BACKGROUND OF THE INVENTION
[0003] A document displayed on a computer monitor typically
comprises multiple semantically distinct regions, such as a header,
a footer or a sidebar, each region including one or more semantic
elements such as text paragraphs, pictures, advertisement blocks or
navigational links, etc. Each section occupies a unique location on
the computer monitor. For example, the text paragraphs and pictures
are usually the focus of the viewer and are therefore positioned at
the center of the computer monitor, which is the most eye-catching
part of the computer monitor. In contrast, the footer often
contains boilerplate items that are deemed less important from a
viewer's perspective, e.g., legal disclaimer, copyright notice or
timestamp, and is therefore located at the bottom of the
document.
[0004] Even though a semantically distinct region in a document is
easily recognizable on a computer monitor by human eyes, it may be
a difficult task for a computer program to identify its counterpart
in a file that renders the document on the computer monitor. For
example, a webpage displayed in a web browser window is typically
created from a hypertext markup language (HTML) file by the web
browser. The HTML file usually includes multiple syntactic
elements, e.g., <TABLE> and </TABLE>, that instruct the
web browser on how to display different components in the webpage
in a specific manner. But it rarely occurs that, for instance, one
pair of <TABLE> and </TABLE> corresponds to an actual
table in the webpage. More than that, a semantically distinct
region of a document, e.g., a sidebar of navigational links or a
column of advertisement blocks, is often associated with multiple
syntactic elements, but the corresponding HTML file does not group
those elements together nor does it provide any other structure for
identifying the plurality of elements that belong to a semantically
distinct region.
SUMMARY
[0005] In a first embodiment of the present invention, a method for
partitioning a structured document translates the document into an
initial hierarchical data structure in accordance with syntactic
elements defined in the structured document. The initial
hierarchical data structure includes a plurality of nodes, and each
node corresponds to one of the syntactic elements. The method then
annotates a node with a set of attributes including geometric
parameters of semantic elements in the structured document that are
associated with the node in accordance with a pseudo-rendering of
the structured document. Finally, the method merges the nodes in
the initial hierarchical data structure into a tree of merged nodes
in accordance with their respective attributes and a set of
predefined rules such that each merged node is associated with a
semantically distinct region of the pseudo-rendered document. The
predefined rules include rules for merging nodes associated with
semantic elements that have nearby positions and/or compatible
attributes in the pseudo-rendered document.
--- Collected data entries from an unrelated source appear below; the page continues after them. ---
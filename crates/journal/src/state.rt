//! What the log knows of an association.
ghost use Rattle.std.specs.Prelude.{◌≡◌, ◌<◌, ◌+◌, None, Some, true, false, min};

use crate::asked::{Reply, UidText};
use crate::end::{Abort, About, End, Rejection};
use crate::event::{Value, known, shown};
use crate::line_limits::LineLimit;
use crate::message::Message;
use crate::outcome::{Counts, Outcome};
use crate::refused::{RefusedClasses, shown_class, shown_syntax};
use crate::request::{Title, body_of, shown_titles};
use arrayvec::ArrayVec;
use decisions::{Decision, ValueEnd};
use dimse::{Command, read_command};
use folder_filing::Location;
use metrics::{CountedEnd, CountedStatus};
use negotiate::{Answer, ContextRow, rejection};
use pdu::TITLES_END;
use service::Consumed;
use std::time::Instant;

/// The phase of an association.
#[derive(Clone, Copy, Debug, PartialEq, Eq)]
pub(crate) enum Phase {
    /// The header of an A-ASSOCIATE-RQ PDU is expected.
    Awaited,
    /// The body of an A-ASSOCIATE-RQ is expected.
    InRequest,
    Established,
    /// The association has ended.
    Over,
}

/// What the log knows of an association.
#[derive(Drop)]
pub(crate) struct State {
    pub phase: Phase,
    /// The maximum length of a P-DATA-TF PDU that the peer receives, once the request was read.
    pub maximum: Option<u32>,
    pub message: Message,
    /// The command of the last store, unless the association ended with it.
    asked: Option<Command>,
    pub counts: Counts,
    /// The rate limit of lines about stores not filed.
    pub lines: LineLimit,
    /// The reply to the last store whose line was left out.
    pub last_omitted: Option<Reply>,
    /// Whether lines are written about the association while it has stored nothing, once decided.
    pub has_lines: Option<bool>,
    pub called: Title,
    pub calling: Title,
    /// The contexts that were accepted.
    pub accepted: ArrayVec<ContextRow, 128>,
    pub proposed: u64,
    /// The storage classes of which some contexts were accepted, and others refused for their
    /// transfer syntaxes.
    pub refused_in_part: RefusedClasses,
    pub end: Option<End>,
    /// Whether it was logged that an echo was refused.
    pub is_echo_reported: bool,
    /// Whether a file could not be written since the last C-STORE request.
    pub has_filing_failed: bool,
    /// The reply to a store whose file waits to be settled.
    pub held: Option<Reply>,
    /// The location of the file of a store whose reply is not sent completely, if there is one.
    pub unconfirmed: Option<Option<Location>>,
    /// The first bytes of the body of a request that is rejected for its length.
    front: ArrayVec<u8, TITLES_END>,
    /// The last two bytes that were consumed: in an A-ABORT its source and reason.
    last: (u8, u8),
    /// How many bytes the association was to send.
    answered: u64,
    /// How many bytes were sent.
    sent: u64,
}

impl State {
    ghost use Rattle.std.specs.Result.{result_ok};
    ghost use Rattle.dimse.specs.Reading.{command_in};
    ghost use Rattle.journal.specs.Ends.{IsAbortedBy, counted_by, counted_where};
    ghost use Rattle.journal.specs.Outcomes.{counted, outcome_of};
    ghost use Rattle.journal.specs.Reported.{asked_by, asked_more, command_by, reported_by};
    ghost use Rattle.metrics.specs.Statuses.{status_of};

    /// Creates the state before any byte is received.
    pub(crate) fn new() -> State {
        State {
            phase: Phase::Awaited,
            maximum: None,
            message: Message::new(),
            asked: None,
            counts: Counts::default(),
            lines: LineLimit::new(),
            last_omitted: None,
            has_lines: None,
            called: Title::new(),
            calling: Title::new(),
            accepted: ArrayVec::new(),
            proposed: 0,
            refused_in_part: RefusedClasses::new(),
            end: None,
            is_echo_reported: false,
            has_filing_failed: false,
            held: None,
            unconfirmed: None,
            front: ArrayVec::new(),
            last: (0, 0),
            answered: 0,
            sent: 0,
        }
    }

    /// Records what the association consumed and is to send. Returns its decision, or `Nothing` if
    /// no section of a PDU is complete or the association is over.
    pub(crate) fn take(&mut self, consumed: &Consumed<'_>) -> Decision
        ensures reported { result ≡ reported_by consumed.now.is_complete self.old.phase consumed.now.decision }
        ensures asked { self.new.counts ≡ asked_by result self.old.counts }
        ensures command { self.new.asked ≡ command_by result consumed.now.command.now self.old.asked }
    {
        self.answer(consumed.reply.len());
        self.keep(consumed.bytes);
        if !consumed.is_complete {
            return Decision::Nothing;
        }
        match self.phase {
            Phase::Awaited => self.phase = Phase::InRequest,
            Phase::InRequest => self.take_titles(body_of(consumed)),
            Phase::Established => {}
            Phase::Over => return Decision::Nothing,
        }
        self.message.hear(consumed.decision);
        if let ValueEnd::DataDue = consumed.decision.value_end() {
            self.ask(consumed.command);
        }
        consumed.decision
    }

    /// Keeps the last two bytes, and those of a request that was too long which have its titles.
    fn keep(&mut self, bytes: &[u8])
        ensures phase { self.new.phase ≡ self.old.phase }
        ensures counts { self.new.counts ≡ self.old.counts }
        ensures asked { self.new.asked ≡ self.old.asked }
    {
        self.last = match bytes {
            [.., source, reason] => (*source, *reason),
            [reason] => (self.last.1, *reason),
            [] => self.last,
        };
        if let Some(
            End::Rejected(
                Rejection {
                    about: About::Length(_),
                    ..
                },
            ),
        ) = self.end
        {
            let count = self.front.remaining_capacity().min(bytes.len());
            let _ = self.front.try_extend_from_slice(&bytes[..count]);
            if let Some(titles) = shown_titles(self.front.as_slice()) {
                (self.called, self.calling) = titles;
            }
        }
    }

    /// Reads the titles of the request, if this beginning of its body has them.
    pub(crate) fn take_titles(&mut self, body: &[u8])
        ensures phase { self.new.phase ≡ self.old.phase }
        ensures counts { self.new.counts ≡ self.old.counts }
        ensures asked { self.new.asked ≡ self.old.asked }
    {
        if let Some(titles) = shown_titles(body) {
            (self.called, self.calling) = titles;
        }
    }

    /// Records that the association is to send this many bytes.
    pub(crate) fn answer(&mut self, count: usize)
        ensures phase { self.new.phase ≡ self.old.phase }
        ensures counts { self.new.counts ≡ self.old.counts }
        ensures asked { self.new.asked ≡ self.old.asked }
    {
        self.answered = self.answered.saturating_add(count as u64);
    }

    /// Records that this many bytes were sent.
    pub(crate) fn send(&mut self, count: usize) {
        self.sent = self.sent.saturating_add(count as u64);
        if self.sent >= self.answered {
            self.unconfirmed = None;
        }
    }

    /// Records a C-STORE request with this command set, which is empty if the association ended
    /// with it.
    fn ask(&mut self, command: &[u8])
        ensures counts { self.new.counts ≡ asked_more self.old.counts }
        ensures asked { self.new.asked ≡ result_ok (command_in command.now) }
    {
        self.counts.ask();
        self.has_filing_failed = false;
        self.asked = read_command(command).ok();
    }

    /// Returns the class of the last store, by its keyword or else its UID, and its instance, each
    /// absent if it is unknown.
    pub(crate) fn asked<'a>(&self) -> (Value<'a>, Value<'a>) {
        let Some(command) = &self.asked else {
            return (Value::Absent, Value::Absent);
        };
        let mut instance = UidText::new();
        if let Some(uid) = command.instance() {
            instance.add(uid.as_bytes());
        }
        (
            shown(shown_class(command.class().as_bytes())),
            known(&instance),
        )
    }

    /// Returns the transfer syntax of the context of the message, as the log shows it, or an empty
    /// text if unknown.
    pub(crate) fn syntax(&self) -> UidText {
        for row in &self.accepted {
            if row.id == self.message.context {
                return shown_syntax(row.syntax.uid());
            }
        }
        UidText::new()
    }

    /// Counts a store that was not filed. Returns whether it is among the first `most` of its
    /// minute; if not, keeps its reply.
    pub(crate) fn admit(&mut self, now: Option<Instant>, most: u64, reply: Reply) -> bool
        ensures line { result ≡ true → self.old.lines.lines < most }
        ensures none_more { result ≡ true → (self.new.lines.omitted ≡ self.old.lines.omitted) × (self.new.last_omitted ≡ self.old.last_omitted) }
        ensures counted { result ≡ false → self.new.lines.omitted ≡ min (self.old.lines.omitted + 1) 18446744073709551615 }
        ensures last { result ≡ false → self.new.last_omitted ≡ Some reply }
    {
        let is_reported = self.lines.admit(now, most);
        if !is_reported {
            self.last_omitted = Some(reply);
        }
        is_reported
    }

    /// Counts the reply to a store. Returns the counter of its status.
    pub(crate) fn count(&mut self, status: u16) -> CountedStatus
        ensures status { result ≡ status_of status }
        ensures counts { self.new.counts ≡ counted (outcome_of status) self.old.counts }
    {
        let status = CountedStatus::of(status);
        self.counts.answer(Outcome::counted(status));
        status
    }

    /// Records whether the file of a store is durable. Returns the reply to the store that was held
    /// for it, which counts as an answer, or `None` if the file is lost.
    pub(crate) fn settle(&mut self, is_kept: bool) -> Option<Reply>
        ensures kept { is_kept ≡ true → result ≡ self.old.held }
        ensures lost { is_kept ≡ false → result ≡ None }
        ensures once { self.new.held ≡ None }
        ensures counts { self.new.counts ≡ self.old.counts }
    {
        let held = self.held.take();
        if is_kept {
            return held;
        }
        self.end(End::FileLost);
        None
    }

    /// Records how the association ended, unless it had before. Only the titles of a rejected
    /// request may still be received.
    pub(crate) fn end(&mut self, end: End)
        ensures counts { self.new.counts ≡ self.old.counts }
        ensures held { self.new.held ≡ self.old.held }
    {
        self.phase = Phase::Over;
        if self.end.is_none() {
            self.end = Some(end);
        }
    }

    /// Returns how the association ended, or an empty text if it has not.
    pub(crate) fn shown_end<'a>(&self) -> Value<'a> {
        match self.end {
            Some(end) => shown(end),
            None => Value::Text(""),
        }
    }

    /// Returns the counter that the end of the association increments.
    pub(crate) fn counted_end(&self) -> CountedEnd
        ensures { result ≡ counted_where self.now.end }
    {
        match self.end {
            Some(end) => end.counted(),
            None => CountedEnd::Unknown,
        }
    }

    /// Returns how the association ended by this decision and its reply, or `None` if it continues.
    pub(crate) fn end_by(&self, decision: Decision, reply: &[u8]) -> Option<End>
        ensures counted { counted_where result ≡ counted_by decision }
        ensures aborted { IsAbortedBy decision reply.now result }
    {
        match decision {
            Decision::Nothing
            | Decision::Fragment(_)
            | Decision::DataDue
            | Decision::Replied(_, _)
            | Decision::RequestJudged(Answer::Accept) => None,
            Decision::RequestTooLong(length) => Some(End::Rejected(Rejection {
                source: rejection::SERVICE_PROVIDER_PRESENTATION,
                reason: rejection::LOCAL_LIMIT_EXCEEDED,
                about: About::Length(length),
            })),
            Decision::RequestJudged(Answer::Reject(_, source, reason)) => {
                Some(End::Rejected(self.rejection(source, reason)))
            }
            Decision::Released => Some(End::Released),
            Decision::Aborted => {
                let (source, reason) = self.last;
                Some(End::AbortedByPeer(Abort { source, reason }))
            }
            Decision::PduRefused(_, _)
            | Decision::RequestInvalid(_)
            | Decision::ContextRefused(_)
            | Decision::FragmentRefused(_, _, _)
            | Decision::BadPdv
            | Decision::Leftover(_)
            | Decision::CommandRefused(_, _) => {
                Some(End::Aborted(Abort::ending(reply), decision))
            }
        }
    }

    /// Returns the rejection with this source and reason, and the number in the request that caused
    /// it.
    fn rejection(&self, source: u8, reason: u8) -> Rejection {
        let is_of_user = source == rejection::SERVICE_USER;
        let about = match self.maximum {
            Some(maximum) if is_of_user && reason == rejection::NO_REASON_GIVEN => {
                About::Maximum(maximum)
            }
            _ => About::Nothing,
        };
        Rejection {
            source,
            reason,
            about,
        }
    }
}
[0006] In a second embodiment of the present invention, a method
for partitioning a document pseudo-renders the document in
accordance with syntactic elements defined in the document and
generates an initial hierarchical data structure for the document.
The initial hierarchical data structure includes a plurality of
nodes corresponding to the syntactic elements of the document, and
each node has an associated set of attributes derived from the
pseudo-rendered document. The method then converts the initial
hierarchical data structure into a final hierarchical data
structure in accordance with a set of predefined rules. The final
hierarchical data structure includes multiple chunks, each chunk
corresponding to a semantically distinct region of the
pseudo-rendered document.
[0007] The pseudo-rendering of a document determines the
approximate position and size of each element of the document,
without necessarily performing a full rendering of the document. A
primary purpose of pseudo-rendering is to determine geometric
information for each element of the document and to associate that
geometric information with the document's elements in a
hierarchical data structure, thereby providing the factual basis
for identifying semantically distinct regions of the document and
for assigning elements of the document to those regions.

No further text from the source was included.